Introducción
Imagina al hombre que escribió el manual más frío del poder —El Príncipe— sentándose a hacer reír a Florencia. Eso es La Mandrágora: Maquiavelo cambia el consejo al gobernante por una comedia de alcoba, pero la mirada es exactamente la misma. Donde el tratado pregunta cómo se conquista un Estado, la comedia pregunta cómo se conquista una cama; y la respuesta, inquietantemente, se parece.
El joven Callimaco vuelve a Florencia enloquecido por una mujer a la que ni siquiera conoce: la bellísima y honestísima Lucrecia, casada con micer Nicias, un doctor tan rico como necio que solo desea una cosa que el dinero no le da: un hijo. Entre los dos deseos —el del amante y el del marido— se cuela Ligurio, un parásito ingenioso que urde el engaño perfecto: una poción de mandrágora que garantiza la preñez… pero que mata al primer hombre que yazca con la mujer después. La solución, claro, es meter en su cama a un desconocido que absorba el «veneno». Y ese desconocido será el propio Callimaco.

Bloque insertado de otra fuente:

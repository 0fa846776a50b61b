//! Equations with sums, and comparisons: judged by their truth under each list of values of their constants.
ghost use Rattle.std.specs.Prelude.{◌≡◌, ◌+◌, ◌++◌, IfErr, IfOk, OnOk, Some, length, option_and_then, slice_get};
ghost use Rattle.cc_defs.specs.Judged.{chosen as chosen_in, constants_of, judged, size_of as size_in, truth_of};
ghost use Rattle.cc_defs.specs.Resolved.{Term as PlainTerm, plain_term};
ghost use Rattle.cc_defs.specs.Satisfaction.{Environment, Whole};
ghost use Rattle.cc_defs.specs.Signatures.{ground_constants, number_at};
ghost use Rattle.cc_defs.specs.Terms.{postfix};
ghost use Rattle.cc_ground.specs.Bindings.{environment_of};
ghost use Rattle.cc_ground.specs.Pieces.{IsJudged, IsOfPieces, atom_nodes, count_behind, formula_of, holds_at, joined, list_count, list_nodes, nodes_behind, nodes_over, number_in, stands, universe_at};
ghost use Rattle.cc_ground.specs.Views.{HasPut, LacksRoom, universe_in, universe_of};

use crate::maker::{Halt, Maker, narrow};
use crate::pieces::{Piece, Sign, Signed, add_both, gather_both};
use crate::sides::is_constant;
use crate::sums::sum_of;
use cc_defs::{Node, OutOfMemory, Sig, Term};
use cc_sorts::Table;
use std::alloc::Global;

/// An equation or comparison by the pieces of its sides, and its different constants in the order in which they stand.
#[derive(Clone, Copy)]
pub(crate) struct Equation<'e> {
    pub(crate) table: &'e Table,
    pub(crate) sig: &'e Sig,
    pub(crate) sign: Sign,
    pub(crate) pieces: &'e [Signed],
    pub(crate) constants: &'e [u32],
}

/// How many values a ground constant has.
pub(crate) fn size_of(table: &Table, sig: &Sig, constant: u32) -> Result<u32, OutOfMemory>
    ensures { IfOk result (λ size. size ≡ size_in (universe_of table.now sig.now) constant) }
{
    if !is_constant(sig, constant) {
        return Ok(0);
    }
    narrow(sig.constant(constant).domain.items().len())
}

/// The index of a constant's value among those that stand beside the constants.
fn chosen(constants: &[u32], indexes: &[u32], number: u32) -> u32
    ensures { result ≡ chosen_in constants.now indexes.now number }
{
    let Some((constant, others)) = constants.split_first() else {
        return 0;
    };
    let Some((index, more)) = indexes.split_first() else {
        return 0;
    };
    if number == *constant {
        return *index;
    }
    chosen(others, more, number)
}

/// The number that the value of this index of a constant is.
fn number_at_index(table: &Table, sig: &Sig, constant: u32, index: u32) -> Option<u32>
    ensures { result ≡ option_and_then (number_at table.now.numbers) (option_and_then (λ constant.
        slice_get constant.domain index) (slice_get (ground_constants sig.now) constant)) }
{
    if !is_constant(sig, constant) {
        return None;
    }
    match sig.constant(constant).domain.items().get(index as usize) {
        Some(value) => table.number_of(*value),
        None => None,
    }
}

/// The number that a piece is.
fn number_of(equation: &Equation<'_>, indexes: &[u32], piece: Piece) -> Option<u32>
    ensures { result ≡ number_in
        (universe_at equation.now) (chosen_in equation.now.constants.now indexes.now) piece }
{
    match piece {
        Piece::Nothing => None,
        Piece::Number(number) => Some(number),
        Piece::Constant(constant) => number_at_index(
            equation.table,
            equation.sig,
            constant,
            chosen(equation.constants, indexes, constant),
        ),
    }
}

/// What was added, and what was taken.
#[derive(Clone, Copy)]
struct Total {
    plus: u64,
    minus: u64,
}

/// A number more, which is added or taken.
fn counted(total: Total, minus: bool, number: u32) -> Result<Total, OutOfMemory>
    ensures { IfOk result (λ new. Some (Whole new.plus new.minus)
        ≡ joined minus (Some (Whole total.plus total.minus)) (Some (Whole number 0))) }
{
    let number = u64::from(number);
    if minus {
        Ok(Total {
            plus: total.plus,
            minus: sum_of(total.minus, number)?,
        })
    } else {
        Ok(Total {
            plus: sum_of(total.plus, number)?,
            minus: total.minus,
        })
    }
}

pub(crate) fn compares(sign: Sign, plus: u64, minus: u64) -> bool
    ensures { result ≡ stands sign plus minus }
{
    match sign {
        Sign::Equal => plus == minus,
        Sign::Less => plus < minus,
        Sign::AtMost => plus <= minus,
    }
}

/// Whether an equation is true where its constants have the values of these indexes.
fn holds(equation: &Equation<'_>, indexes: &[u32]) -> Result<bool, OutOfMemory>
    ensures { IfOk result (λ true_there. true_there ≡ holds_at equation.now indexes.now) }
{
    let mut total = Total { plus: 0, minus: 0 };
    for signed in equation.pieces {
        let Some(number) = number_of(equation, indexes, signed.piece) else {
            return Ok(false);
        };
        total = counted(total, signed.minus, number)?;
    }
    Ok(compares(equation.sign, total.plus, total.minus))
}

/// How many lists there are with more of them.
fn with_more(count: u32, more: u32) -> Result<u32, OutOfMemory>
    ensures { IfOk result (λ sum. sum ≡ count + more) }
{
    count.checked_add(more).ok_or(OutOfMemory)
}

impl<'t> Maker<'t> {
    /// That each constant has the value of the index beside it. Answers how many these are.
    fn put_atoms(&mut self, constants: &[u32], indexes: &[u32]) -> Result<u32, Halt>
        ensures put { OnOk result
            (HasPut (atom_nodes constants.now indexes.now) self.old self.new) }
        ensures count { IfOk result (λ count.
            count ≡ length (atom_nodes constants.now indexes.now)) }
        ensures full { IfErr result
            (LacksRoom (length (atom_nodes constants.now indexes.now)) self.old.room) }
    {
        let Some((constant, others)) = constants.split_first() else {
            return Ok(0);
        };
        let Some((index, more)) = indexes.split_first() else {
            return Ok(0);
        };
        self.push(Node::Atom {
            constant: *constant,
            value: *index,
        })?;
        let count = self.put_atoms(others, more)?;
        Ok(with_more(count, 1)?)
    }

    /// A list of value indexes, where it makes the equation true. Answers how many lists these are.
    fn put_list(&mut self, equation: &Equation<'_>, indexes: &[u32]) -> Result<u32, Halt>
        ensures put { OnOk result (HasPut (list_nodes equation.now indexes.now) self.old self.new) }
        ensures count { IfOk result (λ count. count ≡ list_count equation.now indexes.now) }
        ensures full { IfErr result
            (LacksRoom (length (list_nodes equation.now indexes.now)) self.old.room) }
    {
        if !holds(equation, indexes)? {
            return Ok(0);
        }
        let count = self.put_atoms(equation.constants, indexes)?;
        self.push(Node::All(count))?;
        Ok(1)
    }

    /// The lists that begin with these indexes, for all indexes of the constants that are left. Answers how many of them make
    /// the equation true.
    fn put_lists(
        &mut self,
        equation: &Equation<'_>,
        indexes: &mut Vec<u32>,
        left: &[u32],
    ) -> Result<u32, Halt>
        ensures put { OnOk result
            (HasPut (nodes_behind equation.now indexes.old.items left.now) self.old self.new) }
        ensures count { IfOk result (λ count.
            count ≡ count_behind equation.now indexes.old.items left.now) }
        ensures indexes { OnOk result (indexes.new.items ≡ indexes.old.items) }
        ensures full { IfErr result (LacksRoom
            (length (nodes_behind equation.now indexes.old.items left.now)) self.old.room) }
    {
        let Some((constant, others)) = left.split_first() else {
            return self.put_list(equation, indexes);
        };
        let size = size_of(equation.table, equation.sig, *constant)?;
        let mut count = 0;
        for index in 0..size {
            indexes.push(index)?;
            let more = self.put_lists(equation, indexes, others)?;
            indexes.pop();
            count = with_more(count, more)?;
        }
        Ok(count)
    }

    pub(crate) fn put_truth(&mut self, holds: bool) -> Result<(), Halt>
        ensures put { OnOk result (HasPut (postfix (truth_of holds)) self.old self.new) }
        ensures full { IfErr result (LacksRoom (length (postfix (truth_of holds))) self.old.room) }
    {
        self.push(if holds { Node::True } else { Node::False })
    }

    /// All lists of value indexes of an equation's constants that make it true; without a constant, whether it is true.
    fn put_all_lists(&mut self, alloc: Global, equation: &Equation<'_>) -> Result<(), Halt>
        ensures put { OnOk result
            (HasPut (nodes_over equation.now equation.now.constants.now) self.old self.new) }
        ensures full { IfErr result (LacksRoom
            (length (nodes_over equation.now equation.now.constants.now)) self.old.room) }
    {
        if equation.constants.is_empty() {
            return self.put_truth(holds(equation, &[])?);
        }
        let mut indexes = Vec::new(alloc);
        let count = self.put_lists(equation, &mut indexes, equation.constants)?;
        self.push(Node::Any(count))
    }

    /// An equation with a sum, or a comparison, of these pieces, and with these different constants, all of which are there.
    fn put_pieces(
        &mut self,
        alloc: Global,
        sign: Sign,
        pieces: &[Signed],
        constants: &[u32],
    ) -> Result<(), Halt>
        ensures put { (env : Environment) (s t : PlainTerm) →
            IsOfPieces (universe_in self.old) env sign s t pieces.now constants.now →
            OnOk result (HasPut (postfix (judged (universe_in self.old) env
            (formula_of sign s t) (constants_of s ++ constants_of t))) self.old self.new) }
        ensures full { (env : Environment) (s t : PlainTerm) →
            IsOfPieces (universe_in self.old) env sign s t pieces.now constants.now →
            IfErr result (LacksRoom (length (postfix (judged (universe_in self.old) env
            (formula_of sign s t) (constants_of s ++ constants_of t)))) self.old.room) }
    {
        let equation = Equation {
            table: self.table,
            sig: self.sig,
            sign,
            pieces,
            constants,
        };
        self.put_all_lists(alloc, &equation)
    }

    /// An equation with a sum, or a comparison. It is false where one of its constants is not there.
    pub(crate) fn put_judged(
        &mut self,
        alloc: Global,
        sign: Sign,
        left: &Term,
        right: &Term,
    ) -> Result<(), Halt>
        requires { IsJudged sign (plain_term left.now) (plain_term right.now) }
        ensures put { OnOk result
            (HasPut (postfix (judged (universe_in self.old) (environment_of self.old.env)
            (formula_of sign (plain_term left.now) (plain_term right.now)) (constants_of
            (plain_term left.now) ++ constants_of (plain_term right.now)))) self.old self.new) }
        ensures full { IfErr result
            (LacksRoom (length (postfix (judged (universe_in self.old) (environment_of self.old.env)
            (formula_of sign (plain_term left.now) (plain_term right.now)) (constants_of
            (plain_term left.now) ++ constants_of (plain_term right.now))))) self.old.room) }
    {
        let mut constants = Vec::new(alloc);
        let there = gather_both(
            alloc,
            self.table,
            self.sig,
            &self.env,
            left,
            right,
            &mut constants,
        )?;
        if !there {
            return self.push(Node::False);
        }
        let mut pieces = Vec::new(alloc);
        add_both(
            alloc,
            self.table,
            self.sig,
            &self.env,
            left,
            right,
            &mut pieces,
        )?;
        self.put_pieces(alloc, sign, &pieces, &constants)
    }
}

Lo genial no es la trama —vieja como el teatro— sino quién la mueve y cómo. Cada personaje cree usar a los demás y todos acaban sirviendo al mismo fin. El marido entrega a su mujer creyendo protegerla; la madre la empuja por amor; y el confesor, fray Timoteo, bendice el adulterio a cambio de unas monedas, con un razonamiento tan pulido que da escalofríos: si el resultado es bueno, ¿qué importa el medio?
Ahí está Maquiavelo entero. La Mandrágora es El Príncipe disfrazado de carcajada: una demostración de que el ingenio (la virtù) doblega a la fortuna, de que la virtud aparente es una máscara, y de que el mundo lo gobiernan quienes entienden el deseo ajeno. Se ríe uno mucho —es una comedia de verdad, ágil y procaz— pero se sale con una incomodidad que no se va: hemos aplaudido a los tramposos.
Escrita hacia 1518 por un hombre apartado del poder, esta obrita breve se convirtió en la mejor comedia del Renacimiento italiano. Léela como lo que es: la sonrisa afilada del pensador político más lúcido y más temido de su siglo.